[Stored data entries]
===============
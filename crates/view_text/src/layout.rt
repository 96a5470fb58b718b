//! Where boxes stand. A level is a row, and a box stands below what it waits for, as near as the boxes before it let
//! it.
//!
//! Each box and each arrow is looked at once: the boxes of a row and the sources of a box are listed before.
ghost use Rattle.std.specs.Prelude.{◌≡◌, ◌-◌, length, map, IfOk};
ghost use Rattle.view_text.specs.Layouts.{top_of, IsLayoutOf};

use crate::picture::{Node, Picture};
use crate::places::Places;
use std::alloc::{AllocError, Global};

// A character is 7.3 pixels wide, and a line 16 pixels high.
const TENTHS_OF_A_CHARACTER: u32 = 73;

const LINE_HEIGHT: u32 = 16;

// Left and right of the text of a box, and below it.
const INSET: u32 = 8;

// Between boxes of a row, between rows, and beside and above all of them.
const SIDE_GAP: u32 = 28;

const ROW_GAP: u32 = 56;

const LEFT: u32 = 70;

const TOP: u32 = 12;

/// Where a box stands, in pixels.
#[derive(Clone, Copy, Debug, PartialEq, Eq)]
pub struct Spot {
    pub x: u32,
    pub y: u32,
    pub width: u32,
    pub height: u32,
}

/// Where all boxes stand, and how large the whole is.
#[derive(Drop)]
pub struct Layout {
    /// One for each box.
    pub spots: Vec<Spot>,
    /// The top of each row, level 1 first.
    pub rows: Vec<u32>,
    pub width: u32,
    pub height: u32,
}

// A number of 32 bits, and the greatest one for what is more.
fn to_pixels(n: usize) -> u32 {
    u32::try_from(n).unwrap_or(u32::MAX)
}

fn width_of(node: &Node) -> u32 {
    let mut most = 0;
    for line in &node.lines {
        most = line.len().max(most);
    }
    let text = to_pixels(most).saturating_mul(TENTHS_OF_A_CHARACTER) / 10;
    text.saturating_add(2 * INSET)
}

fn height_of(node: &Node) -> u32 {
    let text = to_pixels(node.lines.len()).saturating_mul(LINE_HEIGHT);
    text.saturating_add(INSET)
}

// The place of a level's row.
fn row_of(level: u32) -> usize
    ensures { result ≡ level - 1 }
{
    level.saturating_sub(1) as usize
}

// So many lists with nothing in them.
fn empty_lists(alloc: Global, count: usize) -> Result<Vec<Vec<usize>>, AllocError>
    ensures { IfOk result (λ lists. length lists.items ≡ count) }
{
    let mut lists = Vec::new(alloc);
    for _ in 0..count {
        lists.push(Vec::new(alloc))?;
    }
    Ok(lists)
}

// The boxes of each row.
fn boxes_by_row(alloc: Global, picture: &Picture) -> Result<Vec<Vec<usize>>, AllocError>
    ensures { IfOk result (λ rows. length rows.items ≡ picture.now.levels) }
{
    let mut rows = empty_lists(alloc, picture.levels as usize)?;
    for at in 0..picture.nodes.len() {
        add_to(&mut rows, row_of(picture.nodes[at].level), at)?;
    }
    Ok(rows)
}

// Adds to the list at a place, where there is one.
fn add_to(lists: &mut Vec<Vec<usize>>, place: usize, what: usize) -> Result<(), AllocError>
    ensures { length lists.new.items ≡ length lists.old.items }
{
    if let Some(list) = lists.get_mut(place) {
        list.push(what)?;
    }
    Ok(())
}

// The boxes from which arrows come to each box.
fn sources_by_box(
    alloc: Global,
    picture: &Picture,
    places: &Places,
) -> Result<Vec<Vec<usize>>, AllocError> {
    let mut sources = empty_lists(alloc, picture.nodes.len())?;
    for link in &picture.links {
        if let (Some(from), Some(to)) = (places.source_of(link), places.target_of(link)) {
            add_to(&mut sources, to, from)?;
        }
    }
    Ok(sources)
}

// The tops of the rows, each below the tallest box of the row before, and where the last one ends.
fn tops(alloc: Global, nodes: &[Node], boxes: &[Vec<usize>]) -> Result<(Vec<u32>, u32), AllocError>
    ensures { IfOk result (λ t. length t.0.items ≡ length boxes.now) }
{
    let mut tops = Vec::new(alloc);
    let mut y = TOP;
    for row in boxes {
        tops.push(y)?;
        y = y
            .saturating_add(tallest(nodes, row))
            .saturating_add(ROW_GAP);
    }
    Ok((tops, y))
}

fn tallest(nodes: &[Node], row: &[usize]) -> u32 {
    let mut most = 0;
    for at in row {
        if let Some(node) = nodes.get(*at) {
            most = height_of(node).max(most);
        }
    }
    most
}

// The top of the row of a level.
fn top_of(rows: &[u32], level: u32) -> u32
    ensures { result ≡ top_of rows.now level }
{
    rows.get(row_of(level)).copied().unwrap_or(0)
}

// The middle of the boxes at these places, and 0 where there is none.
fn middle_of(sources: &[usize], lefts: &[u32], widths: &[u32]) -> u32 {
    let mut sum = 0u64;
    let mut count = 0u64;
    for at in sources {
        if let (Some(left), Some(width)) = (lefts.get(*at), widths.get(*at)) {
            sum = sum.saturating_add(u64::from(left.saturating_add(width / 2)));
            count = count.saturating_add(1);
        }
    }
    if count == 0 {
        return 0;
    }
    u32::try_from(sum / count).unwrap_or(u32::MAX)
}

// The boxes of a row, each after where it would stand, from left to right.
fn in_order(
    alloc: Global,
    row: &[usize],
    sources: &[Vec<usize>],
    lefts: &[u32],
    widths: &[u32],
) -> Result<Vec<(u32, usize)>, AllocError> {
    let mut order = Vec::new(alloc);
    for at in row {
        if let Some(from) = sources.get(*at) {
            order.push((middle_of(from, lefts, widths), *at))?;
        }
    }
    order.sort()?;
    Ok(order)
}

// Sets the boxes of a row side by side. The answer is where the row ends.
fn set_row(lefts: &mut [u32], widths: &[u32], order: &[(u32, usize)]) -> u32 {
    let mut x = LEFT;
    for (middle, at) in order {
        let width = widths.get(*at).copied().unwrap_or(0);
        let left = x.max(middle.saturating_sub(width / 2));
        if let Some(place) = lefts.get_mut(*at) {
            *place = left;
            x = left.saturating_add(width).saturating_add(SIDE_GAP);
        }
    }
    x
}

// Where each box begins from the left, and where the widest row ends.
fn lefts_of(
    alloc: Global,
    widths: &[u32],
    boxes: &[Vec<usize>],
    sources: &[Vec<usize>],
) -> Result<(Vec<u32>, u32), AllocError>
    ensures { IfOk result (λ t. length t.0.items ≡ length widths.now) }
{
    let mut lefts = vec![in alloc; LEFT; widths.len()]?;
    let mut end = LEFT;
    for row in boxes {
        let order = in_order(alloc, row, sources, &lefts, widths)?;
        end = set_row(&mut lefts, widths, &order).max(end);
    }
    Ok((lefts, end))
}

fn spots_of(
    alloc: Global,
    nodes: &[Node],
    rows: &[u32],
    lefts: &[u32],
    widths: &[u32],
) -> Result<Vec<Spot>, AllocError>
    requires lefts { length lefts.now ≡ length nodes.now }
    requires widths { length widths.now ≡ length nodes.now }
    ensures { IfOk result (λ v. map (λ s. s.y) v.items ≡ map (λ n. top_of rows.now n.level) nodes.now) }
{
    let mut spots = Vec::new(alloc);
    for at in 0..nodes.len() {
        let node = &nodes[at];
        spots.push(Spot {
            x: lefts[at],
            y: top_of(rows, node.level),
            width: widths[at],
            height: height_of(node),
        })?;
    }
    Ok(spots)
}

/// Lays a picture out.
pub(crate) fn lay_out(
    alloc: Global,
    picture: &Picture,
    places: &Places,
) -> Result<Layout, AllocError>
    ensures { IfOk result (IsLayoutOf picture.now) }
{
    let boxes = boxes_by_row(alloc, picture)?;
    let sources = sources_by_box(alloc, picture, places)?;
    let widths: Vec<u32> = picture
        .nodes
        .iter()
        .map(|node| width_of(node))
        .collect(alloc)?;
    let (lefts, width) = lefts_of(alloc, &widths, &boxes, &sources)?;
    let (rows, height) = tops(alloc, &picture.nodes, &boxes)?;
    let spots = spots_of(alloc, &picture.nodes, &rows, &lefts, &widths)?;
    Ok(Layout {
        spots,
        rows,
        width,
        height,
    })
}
===============
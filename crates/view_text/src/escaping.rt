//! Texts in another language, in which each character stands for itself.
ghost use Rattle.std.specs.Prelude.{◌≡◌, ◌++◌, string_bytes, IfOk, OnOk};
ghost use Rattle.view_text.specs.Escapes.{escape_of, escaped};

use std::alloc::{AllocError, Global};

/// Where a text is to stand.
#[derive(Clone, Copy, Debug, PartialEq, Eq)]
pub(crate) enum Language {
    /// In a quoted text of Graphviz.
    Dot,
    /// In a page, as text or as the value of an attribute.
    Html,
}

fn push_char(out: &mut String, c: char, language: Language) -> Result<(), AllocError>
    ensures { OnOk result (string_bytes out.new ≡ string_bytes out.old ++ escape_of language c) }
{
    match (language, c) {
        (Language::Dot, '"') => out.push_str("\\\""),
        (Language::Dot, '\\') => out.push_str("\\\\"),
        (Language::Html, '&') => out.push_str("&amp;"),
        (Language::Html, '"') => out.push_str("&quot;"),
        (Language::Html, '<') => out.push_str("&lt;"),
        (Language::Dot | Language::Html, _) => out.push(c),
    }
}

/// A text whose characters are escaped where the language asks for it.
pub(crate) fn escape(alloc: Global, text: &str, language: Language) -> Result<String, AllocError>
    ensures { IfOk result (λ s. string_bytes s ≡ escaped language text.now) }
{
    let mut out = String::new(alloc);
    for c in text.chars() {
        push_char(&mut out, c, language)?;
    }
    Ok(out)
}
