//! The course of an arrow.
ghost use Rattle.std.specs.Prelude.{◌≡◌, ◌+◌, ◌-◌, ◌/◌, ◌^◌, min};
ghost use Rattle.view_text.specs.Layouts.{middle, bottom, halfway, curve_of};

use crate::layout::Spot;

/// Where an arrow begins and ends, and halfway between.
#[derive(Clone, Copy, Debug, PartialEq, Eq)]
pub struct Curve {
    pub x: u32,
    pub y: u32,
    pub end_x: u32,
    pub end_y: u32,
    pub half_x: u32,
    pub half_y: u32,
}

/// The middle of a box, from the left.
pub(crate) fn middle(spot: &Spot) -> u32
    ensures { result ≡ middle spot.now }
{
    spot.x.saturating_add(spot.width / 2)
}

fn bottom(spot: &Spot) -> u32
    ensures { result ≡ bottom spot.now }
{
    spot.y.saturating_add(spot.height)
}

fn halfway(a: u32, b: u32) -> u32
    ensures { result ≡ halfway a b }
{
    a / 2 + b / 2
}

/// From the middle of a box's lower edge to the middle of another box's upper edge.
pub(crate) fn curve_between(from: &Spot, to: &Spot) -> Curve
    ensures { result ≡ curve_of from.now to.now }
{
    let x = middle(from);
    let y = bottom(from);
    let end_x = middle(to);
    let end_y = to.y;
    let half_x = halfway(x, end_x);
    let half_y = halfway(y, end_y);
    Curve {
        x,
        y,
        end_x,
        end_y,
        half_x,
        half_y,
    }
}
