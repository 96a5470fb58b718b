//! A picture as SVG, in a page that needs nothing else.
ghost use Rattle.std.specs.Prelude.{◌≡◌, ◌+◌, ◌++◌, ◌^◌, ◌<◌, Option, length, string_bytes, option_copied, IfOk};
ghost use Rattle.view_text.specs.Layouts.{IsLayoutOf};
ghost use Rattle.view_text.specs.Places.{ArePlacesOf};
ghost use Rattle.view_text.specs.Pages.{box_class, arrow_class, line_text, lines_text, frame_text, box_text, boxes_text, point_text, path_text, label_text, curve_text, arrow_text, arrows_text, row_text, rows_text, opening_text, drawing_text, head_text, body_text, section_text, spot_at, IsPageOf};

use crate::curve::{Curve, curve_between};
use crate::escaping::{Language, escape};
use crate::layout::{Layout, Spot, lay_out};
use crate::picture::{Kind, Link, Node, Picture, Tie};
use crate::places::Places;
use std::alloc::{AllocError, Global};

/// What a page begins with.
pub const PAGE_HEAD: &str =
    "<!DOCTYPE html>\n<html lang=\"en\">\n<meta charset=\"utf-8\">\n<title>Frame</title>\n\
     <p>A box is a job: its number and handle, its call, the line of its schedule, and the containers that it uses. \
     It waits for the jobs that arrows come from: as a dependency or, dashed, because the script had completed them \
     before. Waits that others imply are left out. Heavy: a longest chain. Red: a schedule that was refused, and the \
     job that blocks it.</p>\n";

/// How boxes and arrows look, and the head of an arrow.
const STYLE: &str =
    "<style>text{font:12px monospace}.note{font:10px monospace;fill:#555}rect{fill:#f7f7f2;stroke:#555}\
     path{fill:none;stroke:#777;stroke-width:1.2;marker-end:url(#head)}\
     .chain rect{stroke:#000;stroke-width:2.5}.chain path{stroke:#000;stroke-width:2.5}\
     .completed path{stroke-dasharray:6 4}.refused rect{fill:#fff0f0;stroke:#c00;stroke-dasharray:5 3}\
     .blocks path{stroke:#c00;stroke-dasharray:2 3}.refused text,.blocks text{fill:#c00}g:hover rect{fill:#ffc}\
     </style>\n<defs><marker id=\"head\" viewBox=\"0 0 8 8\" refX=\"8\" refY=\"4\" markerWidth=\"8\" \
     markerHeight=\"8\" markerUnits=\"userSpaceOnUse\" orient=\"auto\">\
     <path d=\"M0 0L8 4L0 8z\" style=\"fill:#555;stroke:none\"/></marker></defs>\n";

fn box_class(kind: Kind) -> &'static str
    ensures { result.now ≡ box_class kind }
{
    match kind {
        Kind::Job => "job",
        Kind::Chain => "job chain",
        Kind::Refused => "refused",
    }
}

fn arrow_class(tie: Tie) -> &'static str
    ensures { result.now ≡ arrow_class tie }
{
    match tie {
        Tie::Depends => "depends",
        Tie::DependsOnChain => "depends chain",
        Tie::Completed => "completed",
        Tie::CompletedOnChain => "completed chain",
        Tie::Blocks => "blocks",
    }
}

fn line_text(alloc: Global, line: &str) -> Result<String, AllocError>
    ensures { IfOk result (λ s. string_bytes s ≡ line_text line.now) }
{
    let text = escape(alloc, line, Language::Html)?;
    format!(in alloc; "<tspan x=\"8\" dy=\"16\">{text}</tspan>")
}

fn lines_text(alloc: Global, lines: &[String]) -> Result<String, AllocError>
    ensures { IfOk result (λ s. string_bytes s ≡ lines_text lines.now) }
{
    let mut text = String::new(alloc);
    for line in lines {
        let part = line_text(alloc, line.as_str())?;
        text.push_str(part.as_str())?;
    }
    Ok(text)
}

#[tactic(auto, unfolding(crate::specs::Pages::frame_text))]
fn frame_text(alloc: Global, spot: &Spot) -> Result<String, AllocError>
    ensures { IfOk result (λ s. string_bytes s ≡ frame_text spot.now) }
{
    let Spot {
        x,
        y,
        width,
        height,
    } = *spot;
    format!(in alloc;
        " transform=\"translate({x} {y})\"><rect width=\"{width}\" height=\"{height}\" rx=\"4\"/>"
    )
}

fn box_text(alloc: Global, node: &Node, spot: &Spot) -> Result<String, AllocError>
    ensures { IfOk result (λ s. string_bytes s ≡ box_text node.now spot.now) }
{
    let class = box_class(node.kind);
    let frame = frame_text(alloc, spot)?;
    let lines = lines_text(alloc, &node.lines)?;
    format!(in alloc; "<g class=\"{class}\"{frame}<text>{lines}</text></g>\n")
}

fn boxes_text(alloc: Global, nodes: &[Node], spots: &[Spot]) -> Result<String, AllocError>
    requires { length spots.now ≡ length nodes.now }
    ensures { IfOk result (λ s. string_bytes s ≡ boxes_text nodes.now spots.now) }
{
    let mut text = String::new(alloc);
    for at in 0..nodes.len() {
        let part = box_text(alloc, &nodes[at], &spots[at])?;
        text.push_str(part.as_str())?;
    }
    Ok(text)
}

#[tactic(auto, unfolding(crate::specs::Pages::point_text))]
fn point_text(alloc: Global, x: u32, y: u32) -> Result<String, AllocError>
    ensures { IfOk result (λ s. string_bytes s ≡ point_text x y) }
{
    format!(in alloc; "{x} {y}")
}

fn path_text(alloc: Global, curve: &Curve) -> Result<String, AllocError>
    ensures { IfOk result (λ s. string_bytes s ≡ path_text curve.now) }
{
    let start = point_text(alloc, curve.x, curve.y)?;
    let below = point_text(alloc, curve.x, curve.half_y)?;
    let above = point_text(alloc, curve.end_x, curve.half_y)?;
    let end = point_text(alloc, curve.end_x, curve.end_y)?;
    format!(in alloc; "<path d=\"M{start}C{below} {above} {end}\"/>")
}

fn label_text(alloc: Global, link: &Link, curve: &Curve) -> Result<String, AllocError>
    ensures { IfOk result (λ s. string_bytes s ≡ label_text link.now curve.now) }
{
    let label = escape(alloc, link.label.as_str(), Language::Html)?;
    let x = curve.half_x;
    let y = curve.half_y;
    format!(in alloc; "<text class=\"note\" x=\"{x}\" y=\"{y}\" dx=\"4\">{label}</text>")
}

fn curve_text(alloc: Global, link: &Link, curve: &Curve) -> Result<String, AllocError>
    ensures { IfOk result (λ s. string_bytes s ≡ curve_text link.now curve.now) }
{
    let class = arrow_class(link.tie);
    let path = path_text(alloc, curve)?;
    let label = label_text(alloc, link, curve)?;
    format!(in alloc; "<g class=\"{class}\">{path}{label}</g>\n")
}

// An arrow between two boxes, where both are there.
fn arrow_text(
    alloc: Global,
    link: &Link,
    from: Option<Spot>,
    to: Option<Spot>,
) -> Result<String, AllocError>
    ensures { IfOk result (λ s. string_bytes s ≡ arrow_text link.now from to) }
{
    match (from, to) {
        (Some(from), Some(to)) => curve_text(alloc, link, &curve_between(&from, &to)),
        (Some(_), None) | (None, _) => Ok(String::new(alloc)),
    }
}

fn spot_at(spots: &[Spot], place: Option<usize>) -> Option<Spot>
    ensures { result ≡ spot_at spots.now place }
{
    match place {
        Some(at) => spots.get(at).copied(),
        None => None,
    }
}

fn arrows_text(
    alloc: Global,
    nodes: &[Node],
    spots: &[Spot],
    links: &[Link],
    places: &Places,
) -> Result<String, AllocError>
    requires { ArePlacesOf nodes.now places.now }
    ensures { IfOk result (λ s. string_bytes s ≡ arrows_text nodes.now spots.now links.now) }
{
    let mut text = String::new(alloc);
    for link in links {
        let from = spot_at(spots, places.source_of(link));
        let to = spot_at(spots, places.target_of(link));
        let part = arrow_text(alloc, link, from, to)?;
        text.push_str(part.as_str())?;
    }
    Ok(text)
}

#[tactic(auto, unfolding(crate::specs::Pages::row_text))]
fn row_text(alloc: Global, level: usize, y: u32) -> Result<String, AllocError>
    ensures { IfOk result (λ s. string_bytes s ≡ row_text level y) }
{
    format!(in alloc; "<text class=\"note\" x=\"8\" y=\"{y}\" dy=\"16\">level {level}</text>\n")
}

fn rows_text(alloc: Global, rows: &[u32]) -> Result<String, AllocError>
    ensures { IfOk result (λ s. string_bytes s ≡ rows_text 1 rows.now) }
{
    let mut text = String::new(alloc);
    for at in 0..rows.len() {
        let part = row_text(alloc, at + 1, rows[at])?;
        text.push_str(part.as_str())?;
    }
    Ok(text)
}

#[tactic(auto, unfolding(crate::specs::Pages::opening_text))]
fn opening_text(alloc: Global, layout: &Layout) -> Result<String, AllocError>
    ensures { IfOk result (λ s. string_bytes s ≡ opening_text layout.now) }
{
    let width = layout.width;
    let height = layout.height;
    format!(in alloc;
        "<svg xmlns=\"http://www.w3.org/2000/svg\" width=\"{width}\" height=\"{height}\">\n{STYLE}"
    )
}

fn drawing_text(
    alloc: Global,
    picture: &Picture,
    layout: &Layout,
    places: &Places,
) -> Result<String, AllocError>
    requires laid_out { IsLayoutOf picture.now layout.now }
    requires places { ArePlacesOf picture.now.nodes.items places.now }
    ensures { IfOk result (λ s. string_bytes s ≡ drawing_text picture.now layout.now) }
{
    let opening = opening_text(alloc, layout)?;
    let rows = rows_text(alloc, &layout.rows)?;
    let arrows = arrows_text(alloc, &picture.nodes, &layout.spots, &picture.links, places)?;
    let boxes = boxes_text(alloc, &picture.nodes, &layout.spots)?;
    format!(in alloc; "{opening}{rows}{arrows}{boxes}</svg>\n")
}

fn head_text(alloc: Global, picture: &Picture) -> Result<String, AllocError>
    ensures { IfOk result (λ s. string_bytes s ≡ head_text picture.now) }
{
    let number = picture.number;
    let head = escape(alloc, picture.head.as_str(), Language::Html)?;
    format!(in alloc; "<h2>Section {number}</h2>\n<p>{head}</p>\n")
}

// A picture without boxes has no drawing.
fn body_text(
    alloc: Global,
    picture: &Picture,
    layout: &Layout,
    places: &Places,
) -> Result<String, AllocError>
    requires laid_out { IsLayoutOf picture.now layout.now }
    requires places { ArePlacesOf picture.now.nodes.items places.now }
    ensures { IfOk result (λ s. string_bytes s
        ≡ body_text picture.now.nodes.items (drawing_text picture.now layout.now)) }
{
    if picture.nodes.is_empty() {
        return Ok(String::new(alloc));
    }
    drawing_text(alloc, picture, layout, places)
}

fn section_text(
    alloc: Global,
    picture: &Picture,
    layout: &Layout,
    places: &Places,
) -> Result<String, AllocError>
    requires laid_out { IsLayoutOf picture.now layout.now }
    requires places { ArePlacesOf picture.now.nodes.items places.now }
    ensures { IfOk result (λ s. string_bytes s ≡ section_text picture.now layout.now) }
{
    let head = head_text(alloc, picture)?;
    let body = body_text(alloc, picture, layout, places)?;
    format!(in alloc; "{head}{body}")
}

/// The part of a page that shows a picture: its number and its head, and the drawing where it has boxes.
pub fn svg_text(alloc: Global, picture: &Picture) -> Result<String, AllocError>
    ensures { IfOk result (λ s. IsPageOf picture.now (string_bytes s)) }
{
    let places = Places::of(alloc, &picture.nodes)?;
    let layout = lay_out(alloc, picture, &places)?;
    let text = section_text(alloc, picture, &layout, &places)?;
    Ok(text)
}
===============
**PROBLEM DESCRIPTION:**
In the data above, start at the line that has "s ≡ label_text", stop after the line that has "let class = arrow_class(link.tie);", and print every line in between exactly as it stands.

**ANSWER AREA:**
    ensures { IfOk result (λ s. string_bytes s ≡ label_text link.now curve.now) }
{
    let label = escape(alloc, link.label.as_str(), Language::Html)?;
    let x = curve.half_x;
    let y = curve.half_y;
    format!(in alloc; "<text class=\"note\" x=\"{x}\" y=\"{y}\" dx=\"4\">{label}</text>")
}

fn curve_text(alloc: Global, link: &Link, curve: &Curve) -> Result<String, AllocError>
    ensures { IfOk result (λ s. string_bytes s ≡ curve_text link.now curve.now) }
{
    let class = arrow_class(link.tie);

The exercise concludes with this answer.